* **Task instructions**
Where a line of the data below has the string "those", copy that line.

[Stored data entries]
::::
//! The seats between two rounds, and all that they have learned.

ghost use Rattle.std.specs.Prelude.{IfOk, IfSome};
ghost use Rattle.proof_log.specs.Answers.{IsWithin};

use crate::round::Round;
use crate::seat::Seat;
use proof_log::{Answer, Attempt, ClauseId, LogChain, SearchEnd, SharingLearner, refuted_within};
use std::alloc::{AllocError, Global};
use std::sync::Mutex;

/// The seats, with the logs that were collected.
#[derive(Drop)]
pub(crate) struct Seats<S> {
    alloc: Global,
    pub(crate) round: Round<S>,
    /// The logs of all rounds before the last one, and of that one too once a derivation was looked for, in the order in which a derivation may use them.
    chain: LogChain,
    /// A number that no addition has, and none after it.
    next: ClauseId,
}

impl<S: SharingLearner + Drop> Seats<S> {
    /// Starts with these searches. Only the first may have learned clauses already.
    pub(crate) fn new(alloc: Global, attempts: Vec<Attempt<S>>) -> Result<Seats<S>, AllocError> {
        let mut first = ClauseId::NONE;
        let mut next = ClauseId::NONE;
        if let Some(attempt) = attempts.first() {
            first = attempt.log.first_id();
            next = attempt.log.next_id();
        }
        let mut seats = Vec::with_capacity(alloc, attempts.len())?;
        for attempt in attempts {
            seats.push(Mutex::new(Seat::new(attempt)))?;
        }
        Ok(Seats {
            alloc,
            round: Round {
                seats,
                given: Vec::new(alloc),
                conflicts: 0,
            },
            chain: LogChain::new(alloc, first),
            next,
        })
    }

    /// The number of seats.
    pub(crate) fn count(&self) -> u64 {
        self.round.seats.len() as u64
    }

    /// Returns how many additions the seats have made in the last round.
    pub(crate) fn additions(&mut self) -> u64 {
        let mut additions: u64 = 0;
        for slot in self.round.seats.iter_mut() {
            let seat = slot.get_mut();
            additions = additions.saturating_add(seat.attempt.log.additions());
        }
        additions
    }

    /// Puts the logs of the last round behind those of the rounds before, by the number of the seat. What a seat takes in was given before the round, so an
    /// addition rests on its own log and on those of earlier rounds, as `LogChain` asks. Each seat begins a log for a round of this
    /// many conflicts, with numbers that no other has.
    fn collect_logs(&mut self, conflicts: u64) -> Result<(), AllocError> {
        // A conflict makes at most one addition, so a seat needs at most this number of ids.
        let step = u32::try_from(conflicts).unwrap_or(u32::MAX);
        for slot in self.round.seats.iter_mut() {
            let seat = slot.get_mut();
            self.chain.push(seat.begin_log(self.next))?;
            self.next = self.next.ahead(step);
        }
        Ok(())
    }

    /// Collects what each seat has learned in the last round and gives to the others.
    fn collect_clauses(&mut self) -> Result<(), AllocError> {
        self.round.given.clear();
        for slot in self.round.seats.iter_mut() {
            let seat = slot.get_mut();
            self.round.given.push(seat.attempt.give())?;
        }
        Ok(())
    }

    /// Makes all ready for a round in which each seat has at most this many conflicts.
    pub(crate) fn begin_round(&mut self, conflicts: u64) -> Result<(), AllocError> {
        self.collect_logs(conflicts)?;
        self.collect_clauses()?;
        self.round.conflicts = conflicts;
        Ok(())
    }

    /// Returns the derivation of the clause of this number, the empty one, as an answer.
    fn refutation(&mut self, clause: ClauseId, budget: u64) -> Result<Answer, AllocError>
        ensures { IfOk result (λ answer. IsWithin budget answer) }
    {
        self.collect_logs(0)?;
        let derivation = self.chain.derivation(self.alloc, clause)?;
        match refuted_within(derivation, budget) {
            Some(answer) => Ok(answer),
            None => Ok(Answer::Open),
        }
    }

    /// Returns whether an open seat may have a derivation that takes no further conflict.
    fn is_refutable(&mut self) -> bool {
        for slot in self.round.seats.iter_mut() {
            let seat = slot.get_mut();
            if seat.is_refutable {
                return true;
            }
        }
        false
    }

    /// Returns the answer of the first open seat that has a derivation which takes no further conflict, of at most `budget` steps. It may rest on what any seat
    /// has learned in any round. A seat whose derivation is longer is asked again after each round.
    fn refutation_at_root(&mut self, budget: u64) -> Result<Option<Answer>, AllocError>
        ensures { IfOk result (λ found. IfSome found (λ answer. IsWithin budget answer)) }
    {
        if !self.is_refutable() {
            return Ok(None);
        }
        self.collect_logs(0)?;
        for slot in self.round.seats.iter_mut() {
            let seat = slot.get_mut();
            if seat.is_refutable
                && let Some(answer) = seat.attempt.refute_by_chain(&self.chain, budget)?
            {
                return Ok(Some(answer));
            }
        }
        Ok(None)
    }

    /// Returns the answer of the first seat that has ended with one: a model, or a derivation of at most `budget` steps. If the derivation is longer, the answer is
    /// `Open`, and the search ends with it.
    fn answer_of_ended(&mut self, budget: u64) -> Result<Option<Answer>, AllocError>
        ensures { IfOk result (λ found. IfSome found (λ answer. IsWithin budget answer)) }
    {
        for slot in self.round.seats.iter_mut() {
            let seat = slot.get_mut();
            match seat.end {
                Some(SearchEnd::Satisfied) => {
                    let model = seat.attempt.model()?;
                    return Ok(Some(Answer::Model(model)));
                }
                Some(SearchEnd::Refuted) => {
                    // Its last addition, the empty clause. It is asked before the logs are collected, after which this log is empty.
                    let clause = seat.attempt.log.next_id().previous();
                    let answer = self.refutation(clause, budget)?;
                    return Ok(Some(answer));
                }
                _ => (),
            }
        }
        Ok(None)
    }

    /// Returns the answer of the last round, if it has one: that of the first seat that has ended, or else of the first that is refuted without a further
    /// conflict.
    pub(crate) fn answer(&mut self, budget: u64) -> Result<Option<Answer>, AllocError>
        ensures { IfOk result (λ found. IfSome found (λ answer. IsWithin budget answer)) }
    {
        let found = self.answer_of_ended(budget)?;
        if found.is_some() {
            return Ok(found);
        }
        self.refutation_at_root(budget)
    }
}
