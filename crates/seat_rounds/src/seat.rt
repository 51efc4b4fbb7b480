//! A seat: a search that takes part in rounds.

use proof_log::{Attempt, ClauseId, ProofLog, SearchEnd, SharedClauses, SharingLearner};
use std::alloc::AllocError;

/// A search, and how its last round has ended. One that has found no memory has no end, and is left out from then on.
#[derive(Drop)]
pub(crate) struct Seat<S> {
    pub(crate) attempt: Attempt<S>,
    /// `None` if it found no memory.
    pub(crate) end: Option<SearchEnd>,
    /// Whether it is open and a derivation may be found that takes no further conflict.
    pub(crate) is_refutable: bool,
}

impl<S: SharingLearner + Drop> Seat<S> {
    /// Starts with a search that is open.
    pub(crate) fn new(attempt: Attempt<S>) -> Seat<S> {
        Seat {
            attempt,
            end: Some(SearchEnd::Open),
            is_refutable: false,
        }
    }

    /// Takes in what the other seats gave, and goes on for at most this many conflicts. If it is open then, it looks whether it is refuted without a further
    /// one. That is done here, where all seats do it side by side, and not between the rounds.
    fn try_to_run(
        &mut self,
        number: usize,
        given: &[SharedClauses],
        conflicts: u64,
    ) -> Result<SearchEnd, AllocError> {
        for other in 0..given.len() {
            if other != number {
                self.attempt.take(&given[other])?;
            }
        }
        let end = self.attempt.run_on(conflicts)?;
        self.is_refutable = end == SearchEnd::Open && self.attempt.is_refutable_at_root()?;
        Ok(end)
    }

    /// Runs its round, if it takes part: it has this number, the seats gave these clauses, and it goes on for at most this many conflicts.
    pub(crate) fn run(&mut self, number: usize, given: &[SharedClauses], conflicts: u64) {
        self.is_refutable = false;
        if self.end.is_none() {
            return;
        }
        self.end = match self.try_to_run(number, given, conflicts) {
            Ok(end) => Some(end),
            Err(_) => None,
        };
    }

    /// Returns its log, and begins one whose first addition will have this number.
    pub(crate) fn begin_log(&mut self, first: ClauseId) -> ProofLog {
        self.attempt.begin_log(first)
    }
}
::::
* **Problem solution**
    /// Puts the logs of the last round behind those of the rounds before, by the number of the seat. What a seat takes in was given before the round, so an
    /// addition rests on its own log and on those of earlier rounds, as `LogChain` asks. Each seat begins a log for a round of this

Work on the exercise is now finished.